Economy-Water -This category refers to productive functions and go beyond the levels of proficiency for a decent life.  In fact, this is a vast area of discussion.  Once the water supply for human consumption is assured, the rest is open to debate.  Contributing to water scarcity are the construction of immense infrastructure for transport and electricity production and the use of water in agriculture (and indirectly on livestock which is fed through crops and fibre).  Water scarcity is also increased through disproportionate and irresponsible consumption, leading to the incorporation of the market logic as a regulator for a scarce resource.  The lucrative business of bottled water would be its more clear appearance.  Economy-water struggles between the supposed market efficiency and the real need to protect the common good.

Crime-Water – When water becomes the instrument for illegal activities such as waste disposal, pollution, or illicit extraction, the legal systems must be developed to address these situations and both the administration and the judicial systems should be capable of enforcing the law.

If these five areas can be identified as a framework for a moral debate on water, two additional perspectives are necessary for this analysis:

The first relates to water management.  We are immersed in a debate between privatization and deregulation.  In the first case, the state would retain the ultimate responsibility but management is entrusted to private companies.  It is not clear whether this privatization is really more efficient.  In the case of deregulation, the state steps back, removes the “common good” description to water, and turns water into a commodity.
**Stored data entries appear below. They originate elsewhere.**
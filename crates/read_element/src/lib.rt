// An element from its attributes (the attribute loops of deserialize.rs): the definitions, and what is true of them.
#![tactic(auto)]

pub use integer as the_integer;
pub use integer::{the_area, the_names, the_refusal};
pub use read_keys as the_read_keys;
pub use table::the_table_parts;
pub use text as the_text;
pub use text::the_text_filter;
pub use time as the_time;
pub use tree_put as the_tree_put;
pub use tree_put::the_tree_record;
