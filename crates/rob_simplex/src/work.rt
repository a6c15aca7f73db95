//! The solver: its memory, and its answers.

ghost use Rattle.std.specs.Prelude.{◌≡◌, ◌+◌, ◌^◌, ◌<◌, ◌≤◌, suc, neg_ℤ, nat_abs, length, IfOk, IfErr, MatchResult};
ghost use Rattle.rob_algebra.specs.Fraction.{of_pair};
ghost use Rattle.rob_rows.specs.LinearPrograms.{HasNumbersWithin, program_of};
ghost use Rattle.rob_simplex.specs.Solvers.{positions, HasPoint, HasOptimum, HasRay, HasWeights, column_of, IsMadeFor, StandsAs, has_stopped};
ghost use Rattle.rob_simplex.specs.Solutions.{point_of, ray_of, dual_of, value_of, weights_of};
ghost use Rattle.rob_linear.specs.Vectors.{at};
ghost use Rattle.rob_linear.specs.Programs.{Program, with_cost};
ghost use Rattle.rob_number.specs.Counts.{CountsOnly};
ghost use Rattle.rob_simplex.specs.Dictionaries.{width_of, columns_of, rows_of, IsSized};
ghost use Rattle.rob_simplex.specs.Lowering.{IsCostOf};
ghost use Rattle.rob_algebra.specs.Width.{Fits};
ghost use Rattle.rob_simplex.specs.Judging.{ratio_of, objective_column};
ghost use Rattle.rob_simplex.specs.Endings.{IsFresh, HasAnswered, HasBegun, HasHalted, HasSolved, HasStopped, IsCaused, IsTold};
ghost use Rattle.rob_linear.specs.Paths.{Last};
ghost use Rattle.rob_simplex.specs.Begun.{HaltsAt};
ghost use Rattle.rob_simplex.specs.Phases.{InSecond};
ghost use Rattle.rob_simplex.specs.declared.state.State.TheVariants.{Stopped};
ghost use Rattle.rob_simplex.specs.Resuming.{CanResume, HasResumed, HasStoppedFrom, IsCausedFrom};

use crate::dictionary::Dictionary;
use crate::path::Ending;
use crate::solution::quotient;
use crate::state::{Cause, Halt, LpStop, State};
use rob_entries::{Cells, Entry};
use rob_number::{Exact, Ledger, LpKind, Memory};
use rob_rows::Rows;
use std::alloc::Global;
use std::marker::{Model, PhantomData};

/// A solver of one linear program by the simplex method on condensed rows of whole numbers. It takes all its memory
/// when it is made. Rows may be wider than the numbers that are told, which have the width of `N`.
pub struct Work<N: Exact, E: Entry> {
    dictionary: Dictionary<E>,
    weights: Cells<E>,
    state: State,
    number: PhantomData<N>,
}

impl<N: Exact, E: Entry> Drop for Work<N, E> {
    /// Lets go of it in one call. A derived drop would stand in each function that does.
    fn drop(self) {
        let Work {
            dictionary: _dictionary,
            weights: _weights,
            state: _state,
            number: _number,
        } = self;
    }
}

impl<N: Exact, E: Entry> Model for Work<N, E> {
    ghost use Rattle.rob_simplex.specs.Solvers.{Solver, IsSound};

    ghost Value = { Solver };

    ghost view = { λ w. record { state = w.state; dictionary = w.dictionary; weights = w.weights } };

    ghost invariant = { λ w. IsSound E.top N.limit
        (record { state = w.state; dictionary = w.dictionary; weights = w.weights }) };
}
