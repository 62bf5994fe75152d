// The opening line: S, slot count, owners (Document 01, Lines).
ghost use Rattle.std.specs.Prelude.{◌≡◌, true, ◌/◌, length};
ghost use Rattle.model.specs.Questions.{every};
ghost use Rattle.model.specs.Lines.{is_byte};
ghost use Rattle.model.specs.Transcript.{opening_form, owners_in};
ghost use Rattle.runner.specs.Opened.{pointers_in, read_opening};

use lines::digit::byte_at;
use rules::refusal::{Refusal, when};
use tables::shape::shape_good;

// What an opening line asks for.
#[derive(Clone, Copy)]
pub(crate) struct Asked {
    pub(crate) s: u8,
    pub(crate) slots: usize,
}

// Whether every two characters are a byte.
fn all_bytes(line: &[u8]) -> bool
    ensures { result ≡ every (length line.now / 2) (is_byte line.now) }
{
    (0..line.len() / 2).all(|i| byte_at(line, i).is_some())
}

// 6 to 518 digits, an even count.
fn form_good(line: &[u8]) -> bool
    ensures { result ≡ opening_form line.now }
{
    let n = line.len();
    (6 <= n) & (n <= 518) & (n % 2 == 0) & all_bytes(line)
}

#[tactic(auto, using(crate::proofs::OpeningLaws::first_bytes, crate::proofs::OpeningLaws::formed), unfolding(crate::specs::Opened::read_opening))]
// Form (14), then shape (1): no table is made for a shape that does not fit.
pub(crate) fn read_opening(line: &[u8]) -> Result<Asked, Refusal>
    ensures { result ≡ read_opening line.now }
{
    when(Refusal::BadLine, !form_good(line))?;
    let s = byte_at(line, 0).unwrap();
    let [high, low] = [byte_at(line, 1).unwrap(), byte_at(line, 2).unwrap()];
    let slots = u16::from_be_bytes([high, low]) as usize;
    let g = line.len() / 2 - 3;
    let cells = (s as usize) * g;
    when(
        Refusal::BadShape,
        !shape_good(s, g, cells, cells, slots * 5),
    )?;
    Ok(Asked { s, slots })
}

#[tactic(auto, using(crate::proofs::OpeningLaws::byte_there), unfolding(model::specs::Questions::up_to))]
// The owners of an opening line of good form.
pub(crate) fn fill_owners(line: &[u8], owners: &mut [u8])
    requires { (opening_form line.now ≡ true) × (length owners.old ≡ pointers_in line.now) }
    ensures { owners.new ≡ owners_in line.now }
{
    for (p, owner) in owners.iter_mut().enumerate() {
        *owner = byte_at(line, p + 3).unwrap();
    }
}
The implications are easy to imagine.

A deeper perspective behind this whole debate is the need for our society to be increasingly involved in the supervision and management of the common good.  Water management is one of the clearest examples of the need for involvement of civil society.  Being a primary good, it makes the idea easier to grasp.

The current crisis is showing that the banking system should also be subject to much civil society control.  In the case of Europe, it is encouraging to see that when society is directly asked, she rejects that water can be privatized.  This is the case of the referendum held in Italy in June 2011 wherein a large group of civil society organizations, many of them Christian, united  to reject the proposal of privatization made by the government.

Another interesting example is the first European Citizens’ Initiative (ECI), a sophisticated system of participation of people in the EU where an issue can be put on the European political agenda by collecting one million signatures from at least seven different European Union member states.  The ECI, targeting two million signatures by September, is “taking up the challenge to get implementation of the human right to water and sanitation, get a public debate going, and shift the focus of European water policy” so that human right is central, opposing the privatization of water within the European Union.

All these bring new hope to a much more democratic governance.